INSTRUCTIONS TO FOLLOW
Only lines that contain the word "session" belong in the answer; copy them from the records below.

SOURCE INFORMATION
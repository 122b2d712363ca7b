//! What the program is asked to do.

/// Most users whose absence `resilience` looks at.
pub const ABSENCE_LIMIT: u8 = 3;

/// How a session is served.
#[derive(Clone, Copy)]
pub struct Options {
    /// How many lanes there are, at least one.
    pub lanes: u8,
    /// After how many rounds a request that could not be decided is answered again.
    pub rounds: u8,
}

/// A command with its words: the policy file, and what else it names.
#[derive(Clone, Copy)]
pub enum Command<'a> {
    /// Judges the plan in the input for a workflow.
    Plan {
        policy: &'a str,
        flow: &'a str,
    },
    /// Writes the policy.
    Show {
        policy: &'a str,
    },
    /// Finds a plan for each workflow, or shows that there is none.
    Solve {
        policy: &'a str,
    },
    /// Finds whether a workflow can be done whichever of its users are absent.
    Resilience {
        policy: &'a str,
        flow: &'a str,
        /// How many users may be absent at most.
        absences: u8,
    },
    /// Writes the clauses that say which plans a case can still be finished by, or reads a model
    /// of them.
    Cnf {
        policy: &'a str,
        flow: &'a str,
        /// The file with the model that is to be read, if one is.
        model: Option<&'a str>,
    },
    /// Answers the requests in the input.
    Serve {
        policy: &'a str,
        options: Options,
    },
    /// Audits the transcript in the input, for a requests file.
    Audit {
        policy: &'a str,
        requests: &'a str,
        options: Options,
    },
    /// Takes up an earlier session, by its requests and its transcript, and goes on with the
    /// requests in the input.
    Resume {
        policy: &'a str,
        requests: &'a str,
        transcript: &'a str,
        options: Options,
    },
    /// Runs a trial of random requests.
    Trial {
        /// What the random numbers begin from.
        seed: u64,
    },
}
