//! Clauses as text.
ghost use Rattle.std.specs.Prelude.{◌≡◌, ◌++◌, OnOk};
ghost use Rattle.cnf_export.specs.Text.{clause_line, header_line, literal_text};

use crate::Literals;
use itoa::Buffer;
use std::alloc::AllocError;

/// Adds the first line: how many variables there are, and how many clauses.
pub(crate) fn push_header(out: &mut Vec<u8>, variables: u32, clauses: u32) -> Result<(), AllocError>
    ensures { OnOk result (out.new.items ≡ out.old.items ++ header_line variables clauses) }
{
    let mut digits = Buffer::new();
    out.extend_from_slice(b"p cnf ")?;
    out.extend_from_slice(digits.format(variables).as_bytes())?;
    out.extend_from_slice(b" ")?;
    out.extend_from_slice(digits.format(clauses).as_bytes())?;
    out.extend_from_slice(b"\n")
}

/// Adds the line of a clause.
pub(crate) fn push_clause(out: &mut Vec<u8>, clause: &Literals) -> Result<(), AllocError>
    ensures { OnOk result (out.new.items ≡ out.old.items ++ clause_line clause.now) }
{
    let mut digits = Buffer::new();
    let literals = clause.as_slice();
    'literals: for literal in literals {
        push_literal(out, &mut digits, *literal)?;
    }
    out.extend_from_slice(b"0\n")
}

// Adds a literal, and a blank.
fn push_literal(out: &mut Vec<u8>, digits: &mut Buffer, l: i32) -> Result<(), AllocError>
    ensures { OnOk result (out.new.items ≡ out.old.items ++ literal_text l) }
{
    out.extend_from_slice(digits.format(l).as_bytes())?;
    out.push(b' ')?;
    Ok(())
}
...
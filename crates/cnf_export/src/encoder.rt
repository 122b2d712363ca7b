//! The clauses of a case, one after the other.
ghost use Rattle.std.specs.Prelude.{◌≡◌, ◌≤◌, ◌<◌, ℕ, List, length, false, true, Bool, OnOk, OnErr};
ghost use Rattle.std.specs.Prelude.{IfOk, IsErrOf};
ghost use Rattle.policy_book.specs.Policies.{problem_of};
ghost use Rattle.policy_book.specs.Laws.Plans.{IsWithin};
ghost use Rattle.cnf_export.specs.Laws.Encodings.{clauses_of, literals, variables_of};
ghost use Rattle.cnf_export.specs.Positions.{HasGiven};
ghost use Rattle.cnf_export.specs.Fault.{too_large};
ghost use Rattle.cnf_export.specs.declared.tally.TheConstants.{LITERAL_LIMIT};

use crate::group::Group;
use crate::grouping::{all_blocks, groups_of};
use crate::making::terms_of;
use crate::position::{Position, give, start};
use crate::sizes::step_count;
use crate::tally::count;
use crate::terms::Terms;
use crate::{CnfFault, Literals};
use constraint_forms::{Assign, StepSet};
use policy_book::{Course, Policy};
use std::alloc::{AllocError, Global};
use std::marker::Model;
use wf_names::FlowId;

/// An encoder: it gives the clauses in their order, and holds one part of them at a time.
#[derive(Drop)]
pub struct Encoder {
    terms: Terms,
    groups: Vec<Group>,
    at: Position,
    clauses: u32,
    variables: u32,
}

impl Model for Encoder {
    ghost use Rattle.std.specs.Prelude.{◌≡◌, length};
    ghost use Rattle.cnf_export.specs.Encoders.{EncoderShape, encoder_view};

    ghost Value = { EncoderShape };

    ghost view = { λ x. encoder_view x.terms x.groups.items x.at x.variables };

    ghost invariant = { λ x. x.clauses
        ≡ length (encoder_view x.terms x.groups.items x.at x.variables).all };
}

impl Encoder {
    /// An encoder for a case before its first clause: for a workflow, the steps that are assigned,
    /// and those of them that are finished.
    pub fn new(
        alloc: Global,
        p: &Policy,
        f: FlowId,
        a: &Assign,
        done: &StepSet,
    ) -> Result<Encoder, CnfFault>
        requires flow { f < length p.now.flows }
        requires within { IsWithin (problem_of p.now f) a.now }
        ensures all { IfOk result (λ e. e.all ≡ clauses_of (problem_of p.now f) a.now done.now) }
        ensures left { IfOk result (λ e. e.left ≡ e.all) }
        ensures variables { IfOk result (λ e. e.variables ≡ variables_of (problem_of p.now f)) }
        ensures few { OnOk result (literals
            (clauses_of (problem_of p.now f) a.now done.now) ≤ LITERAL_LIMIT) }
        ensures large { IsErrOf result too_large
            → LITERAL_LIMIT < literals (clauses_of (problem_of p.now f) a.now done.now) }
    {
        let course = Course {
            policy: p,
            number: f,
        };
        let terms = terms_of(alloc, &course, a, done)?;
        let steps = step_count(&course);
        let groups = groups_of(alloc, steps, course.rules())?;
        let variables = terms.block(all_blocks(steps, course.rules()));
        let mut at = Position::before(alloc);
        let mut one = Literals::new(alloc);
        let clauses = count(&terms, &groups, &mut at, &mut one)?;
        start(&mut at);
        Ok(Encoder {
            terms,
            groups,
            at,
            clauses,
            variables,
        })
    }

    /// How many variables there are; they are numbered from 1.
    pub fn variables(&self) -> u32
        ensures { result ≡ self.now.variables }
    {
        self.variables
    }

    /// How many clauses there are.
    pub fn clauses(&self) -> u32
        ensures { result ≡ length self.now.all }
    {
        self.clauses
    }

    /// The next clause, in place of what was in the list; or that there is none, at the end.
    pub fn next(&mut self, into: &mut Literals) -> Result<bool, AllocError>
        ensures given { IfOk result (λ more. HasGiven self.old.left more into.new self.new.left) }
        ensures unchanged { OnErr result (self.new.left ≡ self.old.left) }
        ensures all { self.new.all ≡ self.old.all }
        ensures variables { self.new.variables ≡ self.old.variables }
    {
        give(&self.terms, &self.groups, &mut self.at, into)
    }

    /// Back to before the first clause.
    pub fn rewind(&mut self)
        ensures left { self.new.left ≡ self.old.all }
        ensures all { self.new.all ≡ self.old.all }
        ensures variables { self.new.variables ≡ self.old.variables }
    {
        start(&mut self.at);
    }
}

EXERCISE SOLUTION
/// How a session is served.
    /// Takes up an earlier session, by its requests and its transcript, and goes on with the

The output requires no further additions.